Recently Charlie Huang showed how to use the SAS/IML language to compute an exponentially weighted moving average of some financial data. In the commentary to his analysis, he said:
I found that if a matrix or a vector is declared with specified size before the computation step, the program’s efficiency would be significantly improved. It may suggest that declaring matrices explicitly could be a good habit for SAS/IML programming.
Charlie has stated a general rule: in matrix/vector languages such as SAS/IML, MATLAB, or R, you should allocate space for a matrix outside of a loop, rather than using concatenation to grow the matrix inside of a loop.

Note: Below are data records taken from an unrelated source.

//! What messages ask for.
ghost use Rattle.std.specs.Prelude.{◌≡◌, ◌⊎◌, map, IfOk, IfErr, IsTrue, Ok, Err, string_bytes};
ghost use Rattle.cat_types.specs.Names.{is_shelf_name};
ghost use Rattle.cat_requests.specs.Requests as spec;

use crate::body::{many_of, reference_of};
use crate::parameters::{parameters, values_named};
use crate::path::{Resource, resource_of};
use crate::refusal::{Methods, Refusal, input_refusal, query_refusal};
use crate::routes::{Fixed, Routes};
use crate::uid::number_of_uid;
use cat_access::access::Access;
use cat_access::browser::is_admitted;
use cat_feed::change::Since;
use cat_feed::place::since_of;
use cat_http::message::Message;
use cat_inputs::form::Form;
use cat_inputs::input::read_mutation;
use cat_page::file::File;
use cat_pages::query::Query;
use cat_query::ask::Ask;
use cat_session_lines::argument::utf8_in;
use cat_session_lines::query::query_of;
use cat_tree::text::Text;
use cat_types::fault::RefFault;
use cat_types::input::Mutation;
use cat_types::names::{is_name, is_shelf_name};
use cat_types::reference::{Ref, parse};
use std::alloc::{AllocError, Global};

/// What a message asks for.
#[derive(Drop)]
pub enum Request {
    /// Apply a provider's mutation.
    Mutate(Text, Mutation),
    /// Put a text on the shelf, under a shelf name.
    ShelfPut(Text, Text),
    /// Take the text of this shelf name away.
    ShelfDrop(Text),
    /// Make a record due at once.
    Refresh(Ref),
    /// Delete the orphan with this number, or let its record begin anew.
    Forget(u64),
    /// Process and stitch until nothing is due.
    Settle,
    /// Ask the catalogue.
    Ask(Ask),
    /// Tell what changed since a place, or every document without one.
    Changes(Option<Since>),
    /// Show a file of the page.
    Page(File),
}

/// A method, where HEAD asks as GET does.
#[derive(Clone, Copy, Debug, Drop, PartialEq, Eq)]
pub enum Verb {
    Get,
    Put,
    Post,
    Delete,
}

fn verb_of(method: &str) -> Option<Verb>
    ensures { result ≡ spec.verb_of method.now }
{
    match method {
        "GET" | "HEAD" => Some(Verb::Get),
        "PUT" => Some(Verb::Put),
        "POST" => Some(Verb::Post),
        "DELETE" => Some(Verb::Delete),
        _ => None,
    }
}

fn reads(verb: Option<Verb>) -> Result<(), Refusal>
    ensures { result ≡ spec.reads verb }
{
    match verb {
        Some(Verb::Get) => Ok(()),
        _ => Err(Refusal::Method(Methods::Reads)),
    }
}

fn posts(verb: Option<Verb>) -> Result<(), Refusal>
    ensures { result ≡ spec.posts verb }
{
    match verb {
        Some(Verb::Post) => Ok(()),
        _ => Err(Refusal::Method(Methods::Posts)),
    }
}

fn query(alloc: Global, message: &Message) -> Result<Query, Refusal>
    ensures ok { IfOk result (λ q. spec.query message.now ≡ Ok q) }
    ensures err { IfErr result (λ e. (spec.query message.now ≡ Err e) ⊎ (e ≡ Refusal.NoMemory)) }
{
    match query_of(alloc, message.query.as_str()) {
        Ok(query) => Ok(query),
        Err(fault) => Err(query_refusal(fault)),
    }
}

fn number(uid: &Text) -> Result<u64, Refusal>
    ensures { result ≡ spec.number uid.now }
{
    match number_of_uid(uid.as_str()) {
        Some(number) => Ok(number),
        None => Err(Refusal::Entity),
    }
}

fn full_name(
    alloc: Global,
    kind: &Text,
    namespace: &Text,
    name: &Text,
) -> Result<String, AllocError>
    ensures { IfOk result (λ s. string_bytes s ≡ spec.full_name kind.now namespace.now name.now) }
{
    let mut text = String::from_str(alloc, kind.as_str())?;
    text.push_str(":")?;
    text.push_str(namespace.as_str())?;
    text.push_str("/")?;
    text.push_str(name.as_str())?;
    Ok(text)
}

fn entity(alloc: Global, kind: &Text, namespace: &Text, name: &Text) -> Result<Ref, Refusal>
    ensures ok { IfOk result (λ r. spec.entity kind.now namespace.now name.now ≡ Ok r) }
    ensures err { IfErr result (λ e. (spec.entity kind.now namespace.now name.now ≡ Err e)
        ⊎ (e ≡ Refusal.NoMemory)) }
{
    let text = full_name(alloc, kind, namespace, name)?;
    match parse(alloc, text.as_str(), None, "default") {
        Ok(reference) => Ok(reference),
        Err(RefFault::NoMemory) => Err(Refusal::NoMemory),
        Err(_) => Err(Refusal::Entity),
    }
}

fn name_among(alloc: Global, names: &[&str]) -> Result<Text, Refusal>
    ensures ok { IfOk result (λ t. spec.name_among (map (λ t. t.now) names.now) ≡ Ok t) }
    ensures err { IfErr result (λ e. (spec.name_among (map (λ t. t.now) names.now) ≡ Err e)
        ⊎ (e ≡ Refusal.NoMemory)) }
    ensures ready { IfOk result (λ t. IsTrue (is_shelf_name t)) }
{
    match names {
        [name] => {
            if is_shelf_name(name) {
                Ok(Text::of(alloc, name)?)
            } else {
                Err(Refusal::Name)
            }
        }
        _ => Err(Refusal::Name),
    }
}

// The shelf name of a message.
fn shelf_name(alloc: Global, message: &Message) -> Result<Text, Refusal>
    ensures ok { IfOk result (λ t. spec.shelf_name message.now ≡ Ok t) }
    ensures err { IfErr result (λ e. (spec.shelf_name message.now ≡ Err e) ⊎ (e ≡ Refusal.NoMemory)) }
    ensures ready { IfOk result (λ t. IsTrue (is_shelf_name t)) }
{
    let parameters = parameters(alloc, message.query.as_str())?;
    let names = values_named(alloc, "name", parameters.as_slice())?;
    name_among(alloc, names.as_slice())
}

fn put(alloc: Global, message: &Message) -> Result<Request, Refusal>
    ensures ok { IfOk result (λ r. spec.put_by message.now.body (spec.shelf_name message.now) ≡ Ok r) }
    ensures err { IfErr result (λ e. (spec.put_by message.now.body (spec.shelf_name message.now) ≡ Err e)
        ⊎ (e ≡ Refusal.NoMemory)) }
    ensures ready { IfOk result spec.IsReady }
{
    let name = shelf_name(alloc, message)?;
    match utf8_in(message.body.as_slice()) {
        Some(text) => Ok(Request::ShelfPut(name, Text::of(alloc, text)?)),
        None => Err(Refusal::Text),
    }
}

fn mutate(alloc: Global, provider: Text, form: Form, message: &Message) -> Result<Request, Refusal>
    ensures ok { IfOk result (λ r. spec.mutate provider form message.now ≡ Ok r) }
    ensures err { IfErr result (λ e. (spec.mutate provider form message.now ≡ Err e)
        ⊎ (e ≡ Refusal.NoMemory)) }
    ensures ready { IfOk result spec.IsReady }
{
    if !is_name(provider.as_str()) {
        return Err(Refusal::Name);
    }
    match read_mutation(alloc, form, message.body.as_slice()) {
        Ok(mutation) => Ok(Request::Mutate(provider, mutation)),
        Err(fault) => Err(input_refusal(fault)),
    }
}

fn place_among(places: &[&str]) -> Result<Option<Since>, Refusal>
    ensures { result ≡ spec.place_among (map (λ t. t.now) places.now) }
{
    match places {
        [] => Ok(None),
        [place] => match since_of(place) {
            Some(since) => Ok(Some(since)),
            None => Err(Refusal::Place),
        },
        _ => Err(Refusal::Place),
    }
}

// The place from which a message asks for changes, if it says one.
fn place(alloc: Global, message: &Message) -> Result<Option<Since>, Refusal>
    ensures ok { IfOk result (λ s. spec.place_of message.now ≡ Ok s) }
    ensures err { IfErr result (λ e. (spec.place_of message.now ≡ Err e) ⊎ (e ≡ Refusal.NoMemory)) }
{
    let parameters = parameters(alloc, message.query.as_str())?;
    let places = values_named(alloc, "since", parameters.as_slice())?;
    place_among(places.as_slice())
}

fn shelved(alloc: Global, verb: Option<Verb>, message: &Message) -> Result<Request, Refusal>
    ensures ok { IfOk result (λ r. spec.shelved_by verb message.now ≡ Ok r) }
    ensures err { IfErr result (λ e. (spec.shelved_by verb message.now ≡ Err e) ⊎ (e ≡ Refusal.NoMemory)) }
    ensures ready { IfOk result spec.IsReady }
{
    match verb {
        Some(Verb::Put) => put(alloc, message),
        Some(Verb::Delete) => Ok(Request::ShelfDrop(shelf_name(alloc, message)?)),
        _ => Err(Refusal::Method(Methods::PutsAndDeletes)),
    }
}

fn numbered(verb: Option<Verb>, uid: &Text) -> Result<Request, Refusal>
    ensures value { result ≡ spec.numbered_by verb uid.now }
    ensures ready { IfOk result spec.IsReady }
{
    match verb {
        Some(Verb::Get) => Ok(Request::Ask(Ask::Number(number(uid)?))),
        Some(Verb::Delete) => Ok(Request::Forget(number(uid)?)),
        _ => Err(Refusal::Method(Methods::ReadsAndDeletes)),
    }
}

// What a question of a path without pieces asks.
fn question(alloc: Global, fixed: Fixed, message: &Message) -> Result<Ask, Refusal>
    ensures ok { IfOk result (λ a. spec.question fixed message.now ≡ Ok a) }
    ensures err { IfErr result (λ e. (spec.question fixed message.now ≡ Err e) ⊎ (e ≡ Refusal.NoMemory)) }
{
    match fixed {
        Fixed::Entities => Ok(Ask::List(query(alloc, message)?)),
        Fixed::ByQuery => Ok(Ask::Page(query(alloc, message)?)),
        Fixed::EntityFacets => Ok(Ask::Facets(query(alloc, message)?)),
        Fixed::ByRefs => many_of(alloc, message.body.as_slice()),
        Fixed::Conflicts => Ok(Ask::Conflicts),
        Fixed::Failed => Ok(Ask::Failed),
        Fixed::Orphans => Ok(Ask::Orphans),
        Fixed::State => Ok(Ask::State),
        _ => Err(Refusal::Route),
    }
}

fn fixed(
    alloc: Global,
    fixed: Fixed,
    verb: Option<Verb>,
    message: &Message,
) -> Result<Request, Refusal>
    ensures ok { IfOk result (λ r. spec.fixed_by fixed verb message.now ≡ Ok r) }
    ensures err { IfErr result (λ e. (spec.fixed_by fixed verb message.now ≡ Err e) ⊎ (e ≡ Refusal.NoMemory)) }
    ensures ready { IfOk result spec.IsReady }
{
    match fixed {
        Fixed::Shelf => shelved(alloc, verb, message),
        Fixed::Settle => {
            posts(verb)?;
            Ok(Request::Settle)
        }
        Fixed::Refresh => {
            posts(verb)?;
            Ok(Request::Refresh(reference_of(alloc, message.body.as_slice())?))
        }
        Fixed::ByRefs => {
            posts(verb)?;
            Ok(Request::Ask(question(alloc, fixed, message)?))
        }
        Fixed::Changes => {
            reads(verb)?;
            Ok(Request::Changes(place(alloc, message)?))
        }
        _ => {
            reads(verb)?;
            Ok(Request::Ask(question(alloc, fixed, message)?))
        }
    }
}

fn asked(
    alloc: Global,
    resource: Resource,
    verb: Option<Verb>,
    message: &Message,
) -> Result<Request, Refusal>
    ensures ok { IfOk result (λ r. spec.resource_asked resource verb message.now ≡ Ok r) }
    ensures err { IfErr result (λ e. (spec.resource_asked resource verb message.now ≡ Err e)
        ⊎ (e ≡ Refusal.NoMemory)) }
    ensures ready { IfOk result spec.IsReady }
{
    match resource {
        Resource::Fixed(path) => fixed(alloc, path, verb, message),
        Resource::ByUid(uid) => numbered(verb, &uid),
        Resource::ByName(kind, namespace, name) => {
            reads(verb)?;
            Ok(Request::Ask(Ask::Get(entity(alloc, &kind, &namespace, &name)?)))
        }
        Resource::Mutation(provider, form) => {
            posts(verb)?;
            mutate(alloc, provider, form, message)
        }
        Resource::Page(file) => {
            reads(verb)?;
            Ok(Request::Page(file))
        }
    }
}

/// What a message asks for, or the first refusal that holds: of its sender, its path, its method, and what the request takes.
#[tactic(auto, unfolding(crate::specs::Requests::request_of))]
pub fn request_of(alloc: Global, routes: &Routes, message: &Message) -> Result<Request, Refusal>
    ensures ok { IfOk result (λ r. spec.request_of message.now ≡ Ok r) }
    ensures err { IfErr result (λ e. (spec.request_of message.now ≡ Err e) ⊎ (e ≡ Refusal.NoMemory)) }
    ensures ready { IfOk result spec.IsReady }
{
    if !is_admitted(&Access::none(alloc), message) {
        return Err(Refusal::Origin);
    }
    let resource = resource_of(alloc, routes, message.path.as_str())?;
    asked(alloc, resource, verb_of(message.method.as_str()), message)
}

I cover this in Chapter 2 (p. 42-43) of my book, Statistical Programming with SAS/IML Software. You can download Chapter 2 at no cost from the book's Web site.
Do Not Grow Arrays Dynamically
This general rule is relevant when you compute values of a matrix one element at a time. That is, you are using np separate computations to fill all elements of an n x p matrix.
Suppose that you want to compute a vector that contains the results of several similar computations. Naturally, you write a DO loop and compute each value within the loop. For example, the following SAS/IML statements define a SAS/IML module and call it eight times within a DO loop:
proc iml; start Func(x); /** compute any quantity **/ return (ssq(x)); /** sums of squares **/ finish; /** NOT EFFICIENT **/ /** grow the result array dynamically **/ do i = 1 to 8; x = i:8; result = result || Func(x); end; print result;
The program is not efficient because it uses the horizontal concatenation operator (||) to grow the result vector dynamically within the DO loop. After the ith iteration, the vector contains i elements, but during the ith iteration, the previous i – 1 elements are needlessly copied from the old array to the new (larger) array. If the DO loop iterates n times, then
- the first element is copied n times
- the second element is copied n – 1 times
- the third element is copied n – 2 times, and so forth
In summary, when you grow an array dynamically within a loop, there are n allocations and n (n – 1) / 2 elements are needlessly copied.
A Better Approach: Pre-Allocate the Array
When you know the ultimate size of an array, it is best to allocate the array prior to the loop. You can then assign values to the elements of the array inside the loop, as shown in the following statements:
/** EFFICIENT: Pre-allocate result array **/ result = j(1, 8); do i = 1 to 8; x = i:8; result[i] = Func(x); end;
This computation does not contain any needless allocations, nor any unnecessary copying of elements that were previously computed.
This technique is essential for efficient sampling in the SAS/IML language: when you want random values from a specified distribution (such as the normal distribution), you should pre-allocate a matrix and then call the RANDGEN subroutine once in order to fill the matrix with random numbers.